Saved entries:
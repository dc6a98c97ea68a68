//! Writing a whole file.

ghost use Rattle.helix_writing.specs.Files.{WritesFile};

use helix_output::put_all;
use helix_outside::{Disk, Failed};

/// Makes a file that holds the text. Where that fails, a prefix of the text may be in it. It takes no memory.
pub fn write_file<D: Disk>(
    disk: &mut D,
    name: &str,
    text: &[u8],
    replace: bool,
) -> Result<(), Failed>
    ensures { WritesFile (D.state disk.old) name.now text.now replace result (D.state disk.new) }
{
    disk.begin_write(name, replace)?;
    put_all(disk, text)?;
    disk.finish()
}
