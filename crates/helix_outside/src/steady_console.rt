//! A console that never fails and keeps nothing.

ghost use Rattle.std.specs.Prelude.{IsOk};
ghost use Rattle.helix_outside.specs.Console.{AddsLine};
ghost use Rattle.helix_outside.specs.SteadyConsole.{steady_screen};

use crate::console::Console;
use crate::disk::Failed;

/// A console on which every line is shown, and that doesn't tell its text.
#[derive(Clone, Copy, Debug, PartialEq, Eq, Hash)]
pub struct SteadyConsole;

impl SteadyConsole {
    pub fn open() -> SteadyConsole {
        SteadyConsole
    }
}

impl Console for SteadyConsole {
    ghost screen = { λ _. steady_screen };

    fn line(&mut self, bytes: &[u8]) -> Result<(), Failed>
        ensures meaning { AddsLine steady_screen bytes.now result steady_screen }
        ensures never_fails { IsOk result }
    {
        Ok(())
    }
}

--

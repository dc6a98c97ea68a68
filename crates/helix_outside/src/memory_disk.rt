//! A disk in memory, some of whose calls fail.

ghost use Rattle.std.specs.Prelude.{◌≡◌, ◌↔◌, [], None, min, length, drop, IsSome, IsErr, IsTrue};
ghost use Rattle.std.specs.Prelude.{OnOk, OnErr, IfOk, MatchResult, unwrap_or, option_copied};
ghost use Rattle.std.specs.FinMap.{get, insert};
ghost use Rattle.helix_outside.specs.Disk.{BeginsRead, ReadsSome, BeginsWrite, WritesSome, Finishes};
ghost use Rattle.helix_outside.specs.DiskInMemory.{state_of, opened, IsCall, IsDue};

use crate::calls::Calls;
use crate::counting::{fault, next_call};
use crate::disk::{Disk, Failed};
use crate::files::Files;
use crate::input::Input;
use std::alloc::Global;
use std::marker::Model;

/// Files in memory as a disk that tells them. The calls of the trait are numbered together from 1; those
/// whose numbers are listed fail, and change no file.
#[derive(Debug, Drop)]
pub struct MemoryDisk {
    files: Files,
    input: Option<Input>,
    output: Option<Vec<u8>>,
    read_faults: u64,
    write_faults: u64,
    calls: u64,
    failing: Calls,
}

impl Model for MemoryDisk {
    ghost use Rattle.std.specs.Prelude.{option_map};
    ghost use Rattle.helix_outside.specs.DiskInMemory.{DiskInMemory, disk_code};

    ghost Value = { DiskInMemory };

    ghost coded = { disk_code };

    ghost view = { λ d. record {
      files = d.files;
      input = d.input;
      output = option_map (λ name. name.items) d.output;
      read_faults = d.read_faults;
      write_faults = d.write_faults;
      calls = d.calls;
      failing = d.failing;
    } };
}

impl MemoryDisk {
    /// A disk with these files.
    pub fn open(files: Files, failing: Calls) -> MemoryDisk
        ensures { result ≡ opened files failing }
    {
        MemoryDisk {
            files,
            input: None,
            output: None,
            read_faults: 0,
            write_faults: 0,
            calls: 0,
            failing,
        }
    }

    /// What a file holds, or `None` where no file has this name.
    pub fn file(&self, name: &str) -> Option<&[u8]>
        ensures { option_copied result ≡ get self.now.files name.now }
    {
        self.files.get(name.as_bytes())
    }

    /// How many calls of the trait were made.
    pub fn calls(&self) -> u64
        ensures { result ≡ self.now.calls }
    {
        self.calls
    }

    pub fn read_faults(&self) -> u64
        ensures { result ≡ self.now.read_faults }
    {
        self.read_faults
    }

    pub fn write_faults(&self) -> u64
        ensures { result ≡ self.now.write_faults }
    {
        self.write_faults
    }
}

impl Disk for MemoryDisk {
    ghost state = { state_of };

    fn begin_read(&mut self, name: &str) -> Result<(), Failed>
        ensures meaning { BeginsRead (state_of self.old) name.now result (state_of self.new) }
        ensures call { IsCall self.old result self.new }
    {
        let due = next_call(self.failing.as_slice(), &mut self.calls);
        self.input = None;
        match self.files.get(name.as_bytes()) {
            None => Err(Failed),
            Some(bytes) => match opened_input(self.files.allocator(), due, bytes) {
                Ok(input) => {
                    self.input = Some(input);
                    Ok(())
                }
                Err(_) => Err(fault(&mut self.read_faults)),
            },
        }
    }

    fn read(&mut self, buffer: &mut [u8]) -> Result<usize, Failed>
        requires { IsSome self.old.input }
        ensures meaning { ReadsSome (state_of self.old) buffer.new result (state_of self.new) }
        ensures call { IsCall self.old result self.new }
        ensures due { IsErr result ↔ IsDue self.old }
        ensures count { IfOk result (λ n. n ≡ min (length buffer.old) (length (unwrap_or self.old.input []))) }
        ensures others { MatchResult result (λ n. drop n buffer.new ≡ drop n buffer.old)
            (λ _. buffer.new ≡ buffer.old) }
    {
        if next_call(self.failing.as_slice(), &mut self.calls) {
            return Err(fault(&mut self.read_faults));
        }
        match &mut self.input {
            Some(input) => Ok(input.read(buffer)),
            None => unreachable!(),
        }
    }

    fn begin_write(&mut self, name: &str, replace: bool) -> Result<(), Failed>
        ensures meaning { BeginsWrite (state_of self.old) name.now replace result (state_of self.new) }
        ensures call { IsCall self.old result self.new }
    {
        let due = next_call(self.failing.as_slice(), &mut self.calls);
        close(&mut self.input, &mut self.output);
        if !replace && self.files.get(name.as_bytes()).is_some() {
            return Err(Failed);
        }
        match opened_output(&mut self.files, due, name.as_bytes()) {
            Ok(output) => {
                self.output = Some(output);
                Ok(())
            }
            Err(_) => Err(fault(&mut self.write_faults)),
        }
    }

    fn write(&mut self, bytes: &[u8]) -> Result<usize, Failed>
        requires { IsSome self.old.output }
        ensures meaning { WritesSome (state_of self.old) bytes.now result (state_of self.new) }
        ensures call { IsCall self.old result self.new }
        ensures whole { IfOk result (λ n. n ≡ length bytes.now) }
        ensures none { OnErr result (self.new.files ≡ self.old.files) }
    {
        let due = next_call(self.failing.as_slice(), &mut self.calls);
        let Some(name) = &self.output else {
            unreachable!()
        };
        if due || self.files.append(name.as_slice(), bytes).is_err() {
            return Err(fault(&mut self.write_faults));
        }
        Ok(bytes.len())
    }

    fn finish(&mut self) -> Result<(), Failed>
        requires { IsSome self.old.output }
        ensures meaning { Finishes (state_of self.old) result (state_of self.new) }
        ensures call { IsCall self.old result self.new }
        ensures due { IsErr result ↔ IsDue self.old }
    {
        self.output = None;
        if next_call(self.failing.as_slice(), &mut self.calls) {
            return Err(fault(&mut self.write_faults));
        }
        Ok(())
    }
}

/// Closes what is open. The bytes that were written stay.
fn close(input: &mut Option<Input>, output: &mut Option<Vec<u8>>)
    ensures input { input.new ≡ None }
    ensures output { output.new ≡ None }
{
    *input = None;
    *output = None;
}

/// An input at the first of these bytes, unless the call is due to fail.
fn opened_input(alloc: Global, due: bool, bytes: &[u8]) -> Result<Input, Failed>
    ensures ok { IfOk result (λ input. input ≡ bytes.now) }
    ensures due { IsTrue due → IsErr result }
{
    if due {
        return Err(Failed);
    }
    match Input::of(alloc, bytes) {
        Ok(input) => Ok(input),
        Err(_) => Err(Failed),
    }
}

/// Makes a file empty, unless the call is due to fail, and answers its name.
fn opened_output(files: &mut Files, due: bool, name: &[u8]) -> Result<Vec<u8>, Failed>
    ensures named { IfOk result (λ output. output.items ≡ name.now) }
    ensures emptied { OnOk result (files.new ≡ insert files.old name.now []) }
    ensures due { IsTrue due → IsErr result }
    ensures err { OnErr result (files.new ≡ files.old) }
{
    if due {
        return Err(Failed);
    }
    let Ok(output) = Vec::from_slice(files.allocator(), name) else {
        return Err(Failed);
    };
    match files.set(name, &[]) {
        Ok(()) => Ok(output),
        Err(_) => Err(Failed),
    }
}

**THE TASK**
The reply should consist solely of the lines above from the one that has "use crate::files::Files;" through the one that has "impl Model for", reproduced exactly.

**FINISHED TASK**
use crate::files::Files;
use crate::input::Input;
use std::alloc::Global;
use std::marker::Model;

/// Files in memory as a disk that tells them. The calls of the trait are numbered together from 1; those
/// whose numbers are listed fail, and change no file.
#[derive(Debug, Drop)]
pub struct MemoryDisk {
    files: Files,
    input: Option<Input>,
    output: Option<Vec<u8>>,
    read_faults: u64,
    write_faults: u64,
    calls: u64,
    failing: Calls,
}

impl Model for MemoryDisk {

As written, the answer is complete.